Solve the system of equations
—9x+y=12
2x+4y=-28
—9x+y=12
2x+4y=-28
To solve the system of equations:
1) Multiply the first equation by 4 to make the coefficients of y the same:
4(-9x + y) = 4(12)
-36x + 4y = 48
2) Add the equations together to eliminate y:
(2x + 4y) + (-36x + 4y) = -28 + 48
-34x = 20
3) Solve for x:
x = 20/(-34)
x = -10/17
4) Substitute the value of x into either equation to solve for y:
-9(-10/17) + y = 12
90/17 + y = 12
y = 12 - 90/17
y = (204 - 90)/17
y = 114/17
Therefore, the solution to the system of equations is x = -10/17 and y = 114/17.

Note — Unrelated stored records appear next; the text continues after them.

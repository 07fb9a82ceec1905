//! The stage that makes the summaries of a stream of losses: judges each record, and adds it to the sums of its summary.
//! The rules: docs/STREAMS.md, "Tools over losses"; docs/COMMANDS.md, "summarycalc".
ghost use Rattle.std.specs.Prelude.{◌≡◌, ◌++◌, ◌∷◌, [], ◌≤◌, nat_eq, nat_lt, ◌&&◌, List, IfErr, OnErr, OnOk};
ghost use Rattle.std.specs.List.{flat_map};
ghost use Rattle.kt_ends.specs.declared.tool_stop.ToolStop.TheVariants.{NoMemory};
ghost use Rattle.kt_loop.specs.Counts.{Consults};
ghost use Rattle.kt_loop.specs.RunSteps.{JudgesBy};
ghost use Rattle.kt_loop.specs.Runs.{bare};
ghost use Rattle.kt_losses.specs.Judged.{loss_refusal};
ghost use Rattle.kt_losses.specs.Known.{has_id};
ghost use Rattle.kt_losses.specs.Summed.{GoesOn, StandsAt};
ghost use Rattle.kt_losses.specs.Tables.{perspective_of};
ghost use Rattle.kt_out.specs.InputFiles.{InputsState};
ghost use Rattle.kt_runs.specs.RunLosses.{goes_past};
ghost use Rattle.kt_stream.specs.Losses.{IsLoss};
ghost use Rattle.kt_stream.specs.Summary.{summary_bytes};
ghost use Rattle.kt_stream.specs.declared.entry.LossRecord.{LossRecord};
ghost use Rattle.kt_stream.specs.declared.entry.Placed.{Placed};
ghost use Rattle.kt_sum.specs.RunSummaries.{IsReady};
ghost use Rattle.kt_sum.specs.Summaries.{run_summaries};
ghost use Rattle.kt_tables.specs.Portfolio.{PortfolioRows};

use crate::judging::{ID_PLACE, check_stop};
use crate::known::{KnownId, is_among};
use kt_ends::{Refusal, ToolStop};
use kt_index::ByKey;
use kt_loop::Stage;
use kt_money::Bytes;
use kt_stream::{Head, LossRecord, Placed, StreamKind, put_head};
use kt_sum::RunSummaries;
use kt_tables::Portfolio;
use std::alloc::Global;

/// A summary set, of items or of outputs.
#[derive(Clone, Copy, Drop)]
pub struct SummarySet {
    /// Whether it is one of items, else of outputs.
    pub(crate) items: bool,
    /// Its number, from 1 to 9.
    pub(crate) set: u32,
}

/// The run that is open, if there is one: its event, and the id of its last record.
#[derive(Clone, Copy, Drop)]
pub struct LastLoss {
    pub(crate) is_open: bool,
    pub(crate) event: u32,
    pub(crate) id: u32,
}

/// The summaries of a set, with the sums of the run that is open.
#[derive(Drop)]
pub(crate) struct SummedLosses<'a> {
    pub(crate) alloc: Global,
    pub(crate) portfolio: &'a Portfolio,
    pub(crate) ids: &'a ByKey<KnownId>,
    pub(crate) of: SummarySet,
    pub(crate) last: LastLoss,
    pub(crate) summaries: RunSummaries<'a>,
}

/// Whether a record goes on the open run.
fn joins_run(last: LastLoss, entry: &LossRecord) -> bool
    ensures { result ≡ (last.is_open && (nat_eq last.event entry.now.event && nat_lt last.id entry.now.id)) }
{
    last.is_open && last.event == entry.event && last.id < entry.id
}

/// Judges a record that goes on the open run or opens one, and adds its losses.
fn judge(
    ids: &ByKey<KnownId>,
    last: &mut LastLoss,
    summaries: &mut RunSummaries<'_>,
    head: Head,
    placed: &Placed<LossRecord>,
) -> Result<(), ToolStop>
    requires good { IsLoss head.samples placed.now.entry }
    requires within { placed.now.at ≤ 1099511627776 }
    requires ready { IsReady head.samples summaries.old }
    ensures judged { (portfolio : PortfolioRows) (of : SummarySet) (run : List (Placed LossRecord)) → StandsAt portfolio of run last.old summaries.old → GoesOn run placed.now → JudgesBy (loss_refusal (has_id ids.now placed.now.entry.id) (goes_past (bare run) placed.now.entry) placed.now.at) (StandsAt portfolio of (run ++ placed.now ∷ []) last.new summaries.new) result }
    ensures ready { OnOk result (IsReady head.samples summaries.new) }
    ensures counted { (inputs : InputsState) → Consults inputs inputs result }
{
    if !is_among(ids, placed.entry.id) {
        let byte = placed.at + ID_PLACE;
        return Err(ToolStop::Refused(Refusal::UnknownId { byte }));
    }
    if !summaries.add(head.samples, &placed.entry) {
        let byte = placed.at;
        return Err(ToolStop::Refused(Refusal::LossSum { byte }));
    }
    *last = LastLoss {
        is_open: true,
        event: placed.entry.event,
        id: placed.entry.id,
    };
    Ok(())
}

/// Closes the open run, if there is one: appends its summaries. An error is want of memory, and nothing is appended then.
fn close(
    last: &mut LastLoss,
    summaries: &mut RunSummaries<'_>,
    head: Head,
    out: &mut Bytes,
) -> Result<(), ToolStop>
    requires samples { head.samples ≤ 1000 }
    requires ready { IsReady head.samples summaries.old }
    ensures closed { OnOk result ((portfolio : PortfolioRows) (of : SummarySet) (run : List (Placed LossRecord)) → StandsAt portfolio of run last.old summaries.old → (out.new ≡ out.old ++ flat_map summary_bytes (run_summaries (perspective_of of.items) portfolio.rows portfolio.need.rule of.set (bare run))) × StandsAt portfolio of [] last.new summaries.new) }
    ensures ready { OnOk result (IsReady head.samples summaries.new) }
    ensures memory { IfErr result (λ why. why ≡ NoMemory) }
    ensures unchanged { OnErr result (out.new ≡ out.old) }
{
    if !last.is_open {
        return Ok(());
    }
    summaries.put(head.samples, last.event, out)?;
    last.is_open = false;
    Ok(())
}

impl<'a> Stage<LossRecord, ()> for SummedLosses<'a> {
    ghost use Rattle.std.specs.Prelude.{◌≡◌, ℕ};
    ghost use Rattle.kt_loop.specs.ByRun.{OpenRun, by_run};
    ghost use Rattle.kt_loop.specs.Runs.{loss_key};
    ghost use Rattle.kt_losses.specs.Judged.{is_known, judged_runs, losses_kind};
    ghost use Rattle.kt_losses.specs.Known.{has_id};
    ghost use Rattle.kt_losses.specs.Summed.{IsReadyAt, StandsAt, table_of_set};
    ghost use Rattle.kt_losses.specs.declared.summing.SummarySet.{SummarySet};
    ghost use Rattle.kt_stream.specs.Losses.{loss_shape};
    ghost use Rattle.kt_stream.specs.declared.entry.LossRecord.{LossRecord};
    ghost use Rattle.kt_tables.specs.Portfolio.{PortfolioRows};

    ghost State = { OpenRun (SummarySet × PortfolioRows) LossRecord };

    ghost calculation = { by_run loss_key (judged_runs table_of_set) };

    ghost is_at = { λ state it _. (state.kept ≡ (it.of, it.portfolio.now)) × StandsAt it.portfolio.now it.of state.run it.last it.summaries };

    ghost is_ready = { λ header it _. IsReadyAt header it.last it.summaries × ((id : ℕ) → has_id it.ids.now id ≡ is_known it.of.items it.portfolio.now.rows id) };

    ghost shape = { λ it. loss_shape (losses_kind it.of.items) };

    ghost inputs = { λ others _. others };

    fn open(&mut self, _beside: &mut (), head: Head, out: &mut Bytes) -> Result<(), ToolStop> {
        if let Err(stop) = self.portfolio.samples_fit(head.samples) {
            return Err(check_stop(self.alloc, stop));
        }
        self.summaries.begin(head.samples)?;
        let heading = Head {
            samples: head.samples,
            set: self.of.set,
        };
        put_head(out, StreamKind::Summary, heading)?;
        Ok(())
    }

    fn take(
        &mut self,
        _beside: &mut (),
        head: Head,
        placed: &Placed<LossRecord>,
        out: &mut Bytes,
    ) -> Result<(), ToolStop> {
        if joins_run(self.last, &placed.entry) {
            return judge(self.ids, &mut self.last, &mut self.summaries, head, placed);
        }
        if let Err(why) = close(&mut self.last, &mut self.summaries, head, out) {
            return Err(why);
        }
        judge(self.ids, &mut self.last, &mut self.summaries, head, placed)
    }

    fn end(&mut self, _beside: &mut (), head: Head, out: &mut Bytes) -> Result<(), ToolStop> {
        close(&mut self.last, &mut self.summaries, head, out)
    }
}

1) Multiply the first equation by 4 to make the coefficients of y the same:
4(-9x + y) = 4(12)
-36x + 4y = 48
2) Add the equations together to eliminate y:
(2x + 4y) + (-36x + 4y) = -28 + 48
-34x = 20
3) Solve for x:
x = 20/(-34)
x = -10/17
4) Substitute the value of x into either equation to solve for y:
-9(-10/17) + y = 12
90/17 + y = 12
y = 12 - 90/17
y = (204 - 90)/17
y = 114/17
Therefore, the solution to the system of equations is x = -10/17 and y = 114/17.
Solve the system of equations
6x+2y=-18
3x+y=24
6x+2y=-18
3x+y=24
We could solve the system of equations using the method of substitution or the method of elimination. Here, I will solve it using the method of substitution:
1) Solve one equation for a variable in terms of the other variable. Let's solve the second equation for y:
y = 24 - 3x
2) Substitute the expression for y into the first equation:
6x + 2(24 - 3x) = -18
3) Distribute and simplify the equation:
6x + 48 - 6x = -18
48 = -18
4) Since 48 does not equal -18, there is no solution to this system of equations.
Therefore, the system of equations is inconsistent and has no solution.
1) Solve one equation for a variable in terms of the other variable. Let's solve the second equation for y:
y = 24 - 3x
2) Substitute the expression for y into the first equation:
6x + 2(24 - 3x) = -18
3) Distribute and simplify the equation:
6x + 48 - 6x = -18
48 = -18
4) Since 48 does not equal -18, there is no solution to this system of equations.
Therefore, the system of equations is inconsistent and has no solution.